# Have I asked how everyonbe is doing lately.



## eric (Jul 8, 1999)

I saw Jane was doing well and am wondering now how everyone is doing.If you doing well or not so well, let us know. Mike will be on vacation now for a bit, but I will still be in touch with him. There are some people we don't hear from and it would be good to know how everyone is doing. It makes a difference for us to know, especially if we can help. I still want to ask that people are not to descriptive of the tapes themselves for reasons most of you know. Thanks------------------Moderator of the Cognitive Behavioral Therapy, Anxiety and Hypnotherapy forumI work with Mike and the IBS Audio Program. www.ibshealth.com www.ibsaudioprogram.com


----------



## BR (Apr 12, 2001)

Eric-Today is Day 18 for me (I would have been a little farther along but I messed up and listened to side 2 longer than I should have!). I'm glad to hear that the tapes/CDs work even when you totally conk out. I can't seem to make it through one able to hear the whole thing. In fact today I woke up during side 4 which I'm not even supposed to be on yet. I didn't know what to do so I counted to 10 and told myself to wake up and stretch, etc. If my subconscious was listening, shouldn't I have listened when Mike counted to 10?! Maybe I was extra sleepy because I was up at 3:15 for work. Anyway, I'm enjoying the CDs. I feel a weird calm already and I'm sleeping very well, too. Thanks for asking.


----------



## Clair (Sep 16, 2000)

Hi Eric,I'm back on course and currently on day 29.I'm sleeping well which makes a nice change after the last year of constant sleep/IBS probs - unfortunately I've gone to the other end of the scale - I can't seem to be awake for more than 12 hours a day (perhaps my body is making up for lost sleep ?







)I've also had a relapse back into chronic abdominal pain this week - don't know why I haven't done anything different from usual - the only difference is I've been sunbathing in my garden. I had a really bad D attack yesterday - cramps and everything - first bad attack in some while. I can't figure it out.However still feeling mentally positive and just taking it easy







Clair


----------



## NancyCat (Jul 16, 1999)

I am in the home stretch, day 90 something, almost done with the tapes. It has taken me a long time to get through them. I wouldnt say that I am any worse off, in many aspects I'm better, able to relax more and as I've said before I feel like I am actively "doing something". However I am alittle dissappointed not to see MAJOR improvement (I feel sensations in my gut on a daily basis-I think "normal" people also have these sensations but arent aware of them)perhaps it will still take some more time. I guess what I am trying to say is that I was HOPING for NO MORE IBS, and what is ocurring more is me being able to better deal with it which I suppose is an improvement. What I can also say is that when I do experience any type of "flareup" it is of shorter duration, less intensity and easier for me to get through.
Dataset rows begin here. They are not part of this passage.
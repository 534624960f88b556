//! What a program says to a person, beside what `run` writes.

use crate::names::readable;
use crate::sends::Acceptance;
use jiff_core::civil::DateTime;
use jiff_core::{Offset, Timestamp};
use std::alloc::Global;
use std::fmt::Display;
use std::io::{self, Eprint};
use std::net::SocketAddr;
use std::sync::atomic::{AtomicU64, Ordering};
use std::time::SystemTime;

/// What std puts between the system's words for a fault and its number.
const BEFORE_NUMBER: &str = " (os error ";

/// The system under the links and files of a program, and the program's name, with which its lines on standard error begin.
/// Nothing of these lines is in a contract. A line for which memory is lacking, or that standard error doesn't take, is lost.
#[derive(Drop)]
pub struct Edge<'a, R> {
    system: &'a R,
    alloc: Global,
    program: &'a str,
    /// How many addresses were reached, for each link to see.
    reached: AtomicU64,
}

impl<'a, R> Edge<'a, R> {
    /// The edge of the program with this name.
    pub fn new(system: &'a R, alloc: Global, program: &'a str) -> Self {
        Edge {
            system,
            alloc,
            program,
            reached: AtomicU64::new(0),
        }
    }

    /// The system under the links and files.
    pub fn system(&self) -> &'a R {
        self.system
    }

    pub fn alloc(&self) -> Global {
        self.alloc
    }

    /// Takes note that a link to one more address is opened.
    pub fn reaches_one_more(&self) {
        self.reached.fetch_add(1, Ordering::SeqCst);
    }

    /// Whether links to several addresses were opened, which aren't to wait for one another.
    pub fn has_several(&self) -> bool {
        self.reached.load(Ordering::SeqCst) > 1
    }
}

impl<R: Eprint> Edge<'_, R> {
    /// Writes a line about a file or a word, whose control characters are written so that they can be read.
    pub fn say_about<T: Display + Drop>(&self, name: &str, text: T) {
        if let Ok(name) = readable(self.alloc, name) {
            self.say(name, text);
        }
    }

    /// Writes why a call failed that had to do with a file.
    pub fn say_fault_of(&self, name: &str, fault: io::Error) {
        if let Ok(reason) = self.reason(fault) {
            self.say_about(name, reason);
        }
    }

    // Writes a line about an address, a file or a stream.
    fn say<S: Display + Drop, T: Display + Drop>(&self, subject: S, text: T) {
        let program = self.program;
        let _ = self
            .system
            .eprintln(format_args!("{program}: {subject}: {text}"));
    }

    /// Writes why a call failed, if it did: the system's words, and its number where it has one.
    pub fn say_fault<S: Display + Drop>(&self, subject: S, fault: Option<io::Error>) {
        if let Some(fault) = fault
            && let Ok(reason) = self.reason(fault)
        {
            self.say(subject, reason);
        }
    }

    /// Writes how the sends to an address stand, of which so many datagrams are lost.
    pub fn say_acceptance(&self, dest: SocketAddr, acceptance: Acceptance, lost: u64) {
        match acceptance {
            Acceptance::Accepted => {
                self.say(dest, format_args!("accepted again, {lost} datagrams lost"));
            }
            Acceptance::Refused { since, reason } => {
                if let Ok(reason) = self.reason(reason) {
                    self.say_refused(dest, since, &reason);
                }
            }
        }
    }

    fn say_refused(&self, dest: SocketAddr, since: Option<SystemTime>, reason: &str) {
        let Some(DateTime { date, time }) = since.and_then(in_utc) else {
            self.say(dest, format_args!("refused: {reason}"));
            return;
        };
        let (year, month, day) = (date.year, date.month, date.day);
        let (hour, minute, second) = (time.hour, time.minute, time.second);
        self.say(
            dest,
            format_args!(
                "refused since {year:04}-{month:02}-{day:02}T{hour:02}:{minute:02}:{second:02}Z: {reason}"
            ),
        );
    }

    // The system's words for a fault, and its number where it has one.
    fn reason(&self, fault: io::Error) -> io::Result<String> {
        let text = format!(in self.alloc; "{fault}")?;
        match fault.raw_os_error() {
            Some(number) => {
                let words = before_number(&text);
                Ok(format!(in self.alloc; "{words} ({number})")?)
            }
            None => Ok(text),
        }
    }
}

// A moment from 1970 on, in UTC.
fn in_utc(moment: SystemTime) -> Option<DateTime> {
    let passed = moment.duration_since(SystemTime::UNIX_EPOCH).ok()?;
    let nanoseconds = i128::from(passed.as_secs()) * 1_000_000_000;
    let instant = Timestamp::from_nanosecond(nanoseconds).ok()?;
    Some(Offset::UTC.to_datetime(instant))
}

fn before_number(text: &str) -> &str {
    match text.split_once(BEFORE_NUMBER) {
        Some((words, _)) => words,
        None => text,
    }
}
Perhaps it is my initial skepticsim that may still be out there in my mind somewhere that is "holding me back". Eric what do you think? Is there any other technique that you can suggest that can help me turn the corner? Do you think that I am trying "to hard"? I find myself "talking to myself" all the time, calming myself, etc.;however I used to do that before the tapes too. In closing I must again say that currently my IBS isnt really that bad, but "IT" still IS (there). Bottom line and last question; will the tapes make it GO AWAY forever? Thanks in advance.------------------Nancy


----------



## Kathleen M. (Nov 16, 1999)

Using the assumption that there is some underlying similarity in how the various mind-body therapies work, there is often improvement seen during the year following the treatment.I did CBT in 1998 for 3 months and the IBS was much better at the end of the 3 months and was much better still after the 1 year follow up period (I did this as part of a clinical trial so every 3 months after we did another assessment). From what my doctor says this is a fairly common phenomenon.My guess is as you are better able to manage your symptoms you get more confident that you can manage your symptoms which makes you more effective and you can get to the point where your heading them off at the pass.I just did the tapes to see if I could maintain the remission without the drugs (I'm down to a small dose and will stop this week). I was using a low dose of a drug to be 100% in remission after the CBT. (But on a scale of 1 to 10 ten being worst IBS ever without drugs 1 being IBS free I was at a 1-2 most days without the drugs with an occasional 3 or 4--like every few months so the CBT did a big difference the drugs were because after finally gettin relief I wasn't willing to put up with ANY symptoms) but have droped that to about 1/4 of what I was taking (and I'm betting that's too low a dose to do anything). So I'm doing the next few weeks as a drug free trial, as I can always go back on the drugs if I want to. At the low dose I had no side effects so it is no biggie one way or the other.K.------------------I have no financial, academic, or any other stake in any commercial product mentioned by me.My story and what worked for me in greatly easing my IBS: http://www.ibsgroup.org/ubb/Forum17/HTML/000015.html


----------



## eric (Jul 8, 1999)

I am glad people post to these threads, sometimes I am not sure if I should ask or not, but I think it does help to talk about and help where we can so I appreciate the posts very much.BR, pretty common to fall asleep in the beginging especially. That may or may not change, but its still okay. late when your further a long you can just poop one in an conciously listen. The information even on a concious level is very helpful. That you are making time for yourself to get better and its your time etc..That " weird calm" feeling means its working and so you know that gradually increases and starts to become a part of you or at least it has for me and I thinnk it is a big part of the unconcious help when it sinks in, its like the unconcious was not calm and this is the way to talk to it and make it calm. That is the switch you may have seen posted before. This process is gradual and happens when it happens (each person is individual) and as it build momentum things improve. Very good sign though.Clair, glad your back on track.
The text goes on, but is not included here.